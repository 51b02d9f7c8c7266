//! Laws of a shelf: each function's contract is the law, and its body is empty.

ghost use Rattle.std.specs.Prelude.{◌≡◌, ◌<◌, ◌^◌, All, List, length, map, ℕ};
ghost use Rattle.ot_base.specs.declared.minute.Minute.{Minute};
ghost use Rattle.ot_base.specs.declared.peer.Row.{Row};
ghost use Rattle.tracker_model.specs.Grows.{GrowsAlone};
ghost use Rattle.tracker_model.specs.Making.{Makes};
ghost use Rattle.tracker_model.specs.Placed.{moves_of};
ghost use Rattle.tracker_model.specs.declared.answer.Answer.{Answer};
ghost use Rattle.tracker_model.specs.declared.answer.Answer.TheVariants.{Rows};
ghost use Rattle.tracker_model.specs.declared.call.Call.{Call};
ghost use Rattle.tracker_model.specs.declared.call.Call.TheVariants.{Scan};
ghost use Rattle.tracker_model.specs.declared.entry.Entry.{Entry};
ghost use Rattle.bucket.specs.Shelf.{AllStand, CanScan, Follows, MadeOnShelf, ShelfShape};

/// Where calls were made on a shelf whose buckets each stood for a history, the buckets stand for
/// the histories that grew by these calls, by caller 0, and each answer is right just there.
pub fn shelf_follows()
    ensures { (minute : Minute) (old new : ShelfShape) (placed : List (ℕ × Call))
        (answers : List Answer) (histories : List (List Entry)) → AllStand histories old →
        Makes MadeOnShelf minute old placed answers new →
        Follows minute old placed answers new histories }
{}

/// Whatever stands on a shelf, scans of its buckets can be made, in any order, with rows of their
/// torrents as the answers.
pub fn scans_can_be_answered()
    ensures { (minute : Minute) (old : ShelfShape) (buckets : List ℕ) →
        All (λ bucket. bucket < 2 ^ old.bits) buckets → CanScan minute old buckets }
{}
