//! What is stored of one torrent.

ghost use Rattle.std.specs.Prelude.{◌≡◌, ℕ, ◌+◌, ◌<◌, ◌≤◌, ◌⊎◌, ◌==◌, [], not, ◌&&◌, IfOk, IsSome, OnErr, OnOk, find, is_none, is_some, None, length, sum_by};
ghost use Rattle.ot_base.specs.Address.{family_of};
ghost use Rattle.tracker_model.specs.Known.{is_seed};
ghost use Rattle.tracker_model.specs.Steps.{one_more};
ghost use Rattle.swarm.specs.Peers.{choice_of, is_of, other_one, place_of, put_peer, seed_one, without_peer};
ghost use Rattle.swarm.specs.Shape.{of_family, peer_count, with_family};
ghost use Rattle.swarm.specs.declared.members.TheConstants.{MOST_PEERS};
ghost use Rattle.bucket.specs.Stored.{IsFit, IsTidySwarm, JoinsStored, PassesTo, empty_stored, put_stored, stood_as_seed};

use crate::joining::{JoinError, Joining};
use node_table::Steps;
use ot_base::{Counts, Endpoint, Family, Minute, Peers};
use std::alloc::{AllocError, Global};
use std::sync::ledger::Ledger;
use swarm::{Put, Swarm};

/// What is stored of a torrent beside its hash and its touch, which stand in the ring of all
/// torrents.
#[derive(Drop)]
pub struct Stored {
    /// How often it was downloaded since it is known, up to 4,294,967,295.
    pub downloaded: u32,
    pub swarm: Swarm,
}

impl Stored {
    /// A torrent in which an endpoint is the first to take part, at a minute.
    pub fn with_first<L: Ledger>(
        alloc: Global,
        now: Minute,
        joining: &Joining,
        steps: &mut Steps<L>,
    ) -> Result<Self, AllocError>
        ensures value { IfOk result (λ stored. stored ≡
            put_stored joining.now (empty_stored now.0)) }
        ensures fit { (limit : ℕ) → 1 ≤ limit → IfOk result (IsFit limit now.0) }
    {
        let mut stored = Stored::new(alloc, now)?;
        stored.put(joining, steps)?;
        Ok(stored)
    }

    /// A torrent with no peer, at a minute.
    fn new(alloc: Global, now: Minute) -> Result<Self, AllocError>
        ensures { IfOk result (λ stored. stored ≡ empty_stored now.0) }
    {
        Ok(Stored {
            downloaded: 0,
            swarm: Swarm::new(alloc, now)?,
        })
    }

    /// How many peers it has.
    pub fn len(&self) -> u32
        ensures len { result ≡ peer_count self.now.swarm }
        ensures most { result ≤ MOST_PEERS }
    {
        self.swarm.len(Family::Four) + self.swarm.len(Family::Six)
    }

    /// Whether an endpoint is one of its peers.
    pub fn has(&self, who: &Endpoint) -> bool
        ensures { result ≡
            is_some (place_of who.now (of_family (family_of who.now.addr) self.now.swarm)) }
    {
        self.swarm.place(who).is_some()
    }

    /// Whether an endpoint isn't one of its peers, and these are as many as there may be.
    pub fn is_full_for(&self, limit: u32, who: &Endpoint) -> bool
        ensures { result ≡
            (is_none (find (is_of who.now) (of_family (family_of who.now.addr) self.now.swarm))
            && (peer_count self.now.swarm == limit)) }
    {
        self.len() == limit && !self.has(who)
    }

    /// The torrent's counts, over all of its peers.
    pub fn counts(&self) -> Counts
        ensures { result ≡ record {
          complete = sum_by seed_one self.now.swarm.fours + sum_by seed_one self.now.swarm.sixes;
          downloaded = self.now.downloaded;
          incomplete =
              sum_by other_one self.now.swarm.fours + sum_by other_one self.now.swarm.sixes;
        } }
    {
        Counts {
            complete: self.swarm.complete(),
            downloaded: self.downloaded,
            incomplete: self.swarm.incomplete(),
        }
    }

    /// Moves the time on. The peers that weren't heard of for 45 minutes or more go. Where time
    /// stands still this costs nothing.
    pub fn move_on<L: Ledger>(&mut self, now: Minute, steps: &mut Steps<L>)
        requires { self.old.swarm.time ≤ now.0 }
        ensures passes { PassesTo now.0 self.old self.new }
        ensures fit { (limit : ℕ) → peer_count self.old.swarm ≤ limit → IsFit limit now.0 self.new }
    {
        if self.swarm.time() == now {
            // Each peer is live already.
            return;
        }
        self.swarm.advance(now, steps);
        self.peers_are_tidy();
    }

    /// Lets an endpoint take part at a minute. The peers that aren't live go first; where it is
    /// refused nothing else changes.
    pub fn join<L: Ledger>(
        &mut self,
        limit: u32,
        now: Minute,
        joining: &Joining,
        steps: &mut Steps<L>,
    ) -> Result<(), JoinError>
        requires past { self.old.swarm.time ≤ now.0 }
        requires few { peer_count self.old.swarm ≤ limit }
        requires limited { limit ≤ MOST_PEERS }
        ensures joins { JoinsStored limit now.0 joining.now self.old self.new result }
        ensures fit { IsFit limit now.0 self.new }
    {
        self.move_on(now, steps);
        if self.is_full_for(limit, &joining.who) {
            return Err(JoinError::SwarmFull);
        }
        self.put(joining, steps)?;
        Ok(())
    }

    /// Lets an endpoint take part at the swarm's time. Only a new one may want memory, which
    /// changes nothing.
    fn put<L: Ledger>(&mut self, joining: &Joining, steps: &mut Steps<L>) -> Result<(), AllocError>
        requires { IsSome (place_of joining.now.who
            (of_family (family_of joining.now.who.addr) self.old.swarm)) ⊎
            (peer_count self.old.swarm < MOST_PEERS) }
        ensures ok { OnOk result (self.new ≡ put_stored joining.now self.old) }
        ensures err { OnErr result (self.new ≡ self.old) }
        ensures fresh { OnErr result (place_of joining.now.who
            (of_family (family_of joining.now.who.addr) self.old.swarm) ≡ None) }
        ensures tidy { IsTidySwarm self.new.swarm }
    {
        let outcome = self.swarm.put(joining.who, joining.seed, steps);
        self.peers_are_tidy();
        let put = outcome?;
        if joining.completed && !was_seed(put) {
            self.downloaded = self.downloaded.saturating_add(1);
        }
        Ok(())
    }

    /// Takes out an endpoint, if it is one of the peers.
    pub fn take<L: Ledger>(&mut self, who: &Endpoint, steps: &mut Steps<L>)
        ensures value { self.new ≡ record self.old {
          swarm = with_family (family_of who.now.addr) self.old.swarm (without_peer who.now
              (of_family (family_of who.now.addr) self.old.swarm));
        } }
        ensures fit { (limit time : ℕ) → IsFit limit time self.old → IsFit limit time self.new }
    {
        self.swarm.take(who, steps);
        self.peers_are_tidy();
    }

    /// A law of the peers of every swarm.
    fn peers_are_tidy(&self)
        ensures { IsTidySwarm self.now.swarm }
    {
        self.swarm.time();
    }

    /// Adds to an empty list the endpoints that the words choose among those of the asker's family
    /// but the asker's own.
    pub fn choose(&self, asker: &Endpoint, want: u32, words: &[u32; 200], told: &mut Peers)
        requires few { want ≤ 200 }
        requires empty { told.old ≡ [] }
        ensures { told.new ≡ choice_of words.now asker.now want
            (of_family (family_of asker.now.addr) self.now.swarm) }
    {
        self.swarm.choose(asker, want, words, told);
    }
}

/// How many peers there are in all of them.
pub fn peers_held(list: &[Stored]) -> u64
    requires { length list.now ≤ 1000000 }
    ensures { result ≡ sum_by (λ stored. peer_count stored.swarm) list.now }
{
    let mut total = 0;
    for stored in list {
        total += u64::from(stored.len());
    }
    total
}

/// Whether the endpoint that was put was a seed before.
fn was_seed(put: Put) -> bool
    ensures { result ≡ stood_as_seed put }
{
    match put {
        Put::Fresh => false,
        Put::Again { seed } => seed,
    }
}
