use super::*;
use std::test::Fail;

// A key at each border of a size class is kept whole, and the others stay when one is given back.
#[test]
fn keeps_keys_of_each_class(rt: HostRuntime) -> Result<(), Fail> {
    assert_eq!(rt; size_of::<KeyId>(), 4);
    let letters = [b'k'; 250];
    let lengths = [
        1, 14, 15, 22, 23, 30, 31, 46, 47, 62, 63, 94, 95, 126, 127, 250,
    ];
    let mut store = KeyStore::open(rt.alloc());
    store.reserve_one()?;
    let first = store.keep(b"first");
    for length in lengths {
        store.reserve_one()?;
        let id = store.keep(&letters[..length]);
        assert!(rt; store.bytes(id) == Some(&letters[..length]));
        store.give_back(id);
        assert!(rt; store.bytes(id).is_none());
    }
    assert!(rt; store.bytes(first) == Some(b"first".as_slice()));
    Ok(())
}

■ ■ ■

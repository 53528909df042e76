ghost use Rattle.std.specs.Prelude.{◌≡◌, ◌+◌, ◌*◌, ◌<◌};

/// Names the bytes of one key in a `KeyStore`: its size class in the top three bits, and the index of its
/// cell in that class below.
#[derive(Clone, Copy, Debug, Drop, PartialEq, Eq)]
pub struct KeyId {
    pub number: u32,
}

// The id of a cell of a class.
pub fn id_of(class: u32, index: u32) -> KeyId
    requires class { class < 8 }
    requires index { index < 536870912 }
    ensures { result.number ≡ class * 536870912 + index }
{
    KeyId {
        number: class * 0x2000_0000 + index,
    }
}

■ ■ ■

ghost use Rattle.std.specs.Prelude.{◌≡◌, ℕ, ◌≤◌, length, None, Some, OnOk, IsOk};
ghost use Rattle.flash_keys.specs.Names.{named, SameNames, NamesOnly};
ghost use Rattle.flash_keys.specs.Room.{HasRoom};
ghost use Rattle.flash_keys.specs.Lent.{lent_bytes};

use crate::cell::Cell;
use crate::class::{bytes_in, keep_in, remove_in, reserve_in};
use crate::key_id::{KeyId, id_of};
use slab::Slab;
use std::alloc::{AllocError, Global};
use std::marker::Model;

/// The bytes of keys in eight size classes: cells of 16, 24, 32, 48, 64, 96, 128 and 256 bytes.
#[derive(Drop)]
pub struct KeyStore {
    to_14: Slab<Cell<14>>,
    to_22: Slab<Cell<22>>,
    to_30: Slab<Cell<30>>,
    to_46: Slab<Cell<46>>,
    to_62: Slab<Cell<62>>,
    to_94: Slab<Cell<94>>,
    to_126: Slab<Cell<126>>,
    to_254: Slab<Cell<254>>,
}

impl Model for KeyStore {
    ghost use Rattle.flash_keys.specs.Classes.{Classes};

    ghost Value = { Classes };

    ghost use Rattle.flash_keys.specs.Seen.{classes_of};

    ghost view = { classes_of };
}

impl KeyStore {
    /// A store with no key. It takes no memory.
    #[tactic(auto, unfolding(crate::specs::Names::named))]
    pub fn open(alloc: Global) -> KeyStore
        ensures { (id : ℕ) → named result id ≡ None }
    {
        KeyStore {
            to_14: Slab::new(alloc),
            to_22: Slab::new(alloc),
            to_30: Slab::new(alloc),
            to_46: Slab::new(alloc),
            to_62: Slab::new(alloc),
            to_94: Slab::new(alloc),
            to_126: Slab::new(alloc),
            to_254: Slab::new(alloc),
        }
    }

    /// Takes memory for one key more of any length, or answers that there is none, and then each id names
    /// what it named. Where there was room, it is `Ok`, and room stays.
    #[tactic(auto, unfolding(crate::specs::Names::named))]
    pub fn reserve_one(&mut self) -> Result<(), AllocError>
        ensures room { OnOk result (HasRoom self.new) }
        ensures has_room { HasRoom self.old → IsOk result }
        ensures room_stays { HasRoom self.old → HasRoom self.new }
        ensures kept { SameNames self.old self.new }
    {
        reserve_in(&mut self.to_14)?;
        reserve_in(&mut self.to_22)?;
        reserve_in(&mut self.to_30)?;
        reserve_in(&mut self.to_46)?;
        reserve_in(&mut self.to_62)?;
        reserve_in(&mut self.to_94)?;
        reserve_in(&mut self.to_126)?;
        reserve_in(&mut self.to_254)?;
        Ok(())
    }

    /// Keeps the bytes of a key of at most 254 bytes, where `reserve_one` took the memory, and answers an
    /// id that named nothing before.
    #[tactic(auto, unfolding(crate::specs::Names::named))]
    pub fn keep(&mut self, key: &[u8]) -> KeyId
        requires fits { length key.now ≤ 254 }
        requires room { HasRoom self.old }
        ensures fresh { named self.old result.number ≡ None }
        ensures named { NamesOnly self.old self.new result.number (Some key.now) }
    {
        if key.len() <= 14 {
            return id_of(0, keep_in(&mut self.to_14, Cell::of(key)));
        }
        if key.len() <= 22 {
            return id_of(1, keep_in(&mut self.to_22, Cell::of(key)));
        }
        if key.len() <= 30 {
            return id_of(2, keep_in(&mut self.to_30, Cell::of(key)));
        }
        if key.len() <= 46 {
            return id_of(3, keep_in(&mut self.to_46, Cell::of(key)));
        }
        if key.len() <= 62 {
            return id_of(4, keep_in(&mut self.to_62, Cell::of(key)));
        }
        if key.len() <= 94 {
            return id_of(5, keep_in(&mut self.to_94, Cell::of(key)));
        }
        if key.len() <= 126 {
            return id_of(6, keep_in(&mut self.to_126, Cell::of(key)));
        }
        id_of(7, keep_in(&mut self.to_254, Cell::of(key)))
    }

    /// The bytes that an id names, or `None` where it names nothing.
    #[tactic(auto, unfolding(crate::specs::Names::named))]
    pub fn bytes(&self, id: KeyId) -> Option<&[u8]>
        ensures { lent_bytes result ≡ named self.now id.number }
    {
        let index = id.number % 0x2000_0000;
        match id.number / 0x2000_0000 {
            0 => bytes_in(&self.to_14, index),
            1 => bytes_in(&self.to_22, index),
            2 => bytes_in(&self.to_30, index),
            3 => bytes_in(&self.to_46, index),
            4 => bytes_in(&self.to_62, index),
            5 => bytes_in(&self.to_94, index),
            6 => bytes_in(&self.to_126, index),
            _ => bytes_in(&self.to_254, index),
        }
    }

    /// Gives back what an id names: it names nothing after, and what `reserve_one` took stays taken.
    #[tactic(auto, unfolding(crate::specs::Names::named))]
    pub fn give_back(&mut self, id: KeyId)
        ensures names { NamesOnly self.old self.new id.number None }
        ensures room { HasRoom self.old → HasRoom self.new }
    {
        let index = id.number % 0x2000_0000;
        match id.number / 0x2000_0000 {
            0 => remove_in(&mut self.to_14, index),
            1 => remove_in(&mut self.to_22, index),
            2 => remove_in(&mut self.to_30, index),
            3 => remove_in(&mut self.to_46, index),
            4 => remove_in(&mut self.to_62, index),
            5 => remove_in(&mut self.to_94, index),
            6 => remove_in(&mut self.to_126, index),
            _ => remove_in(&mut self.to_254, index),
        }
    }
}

■ ■ ■

WORK ITEM. Go through the records. Copy each line where "these" appears.

EXERCISE SOLUTION.
/// the histories that grew by these calls, by caller 0, and each answer is right just there.
    /// Whether an endpoint isn't one of its peers, and these are as many as there may be.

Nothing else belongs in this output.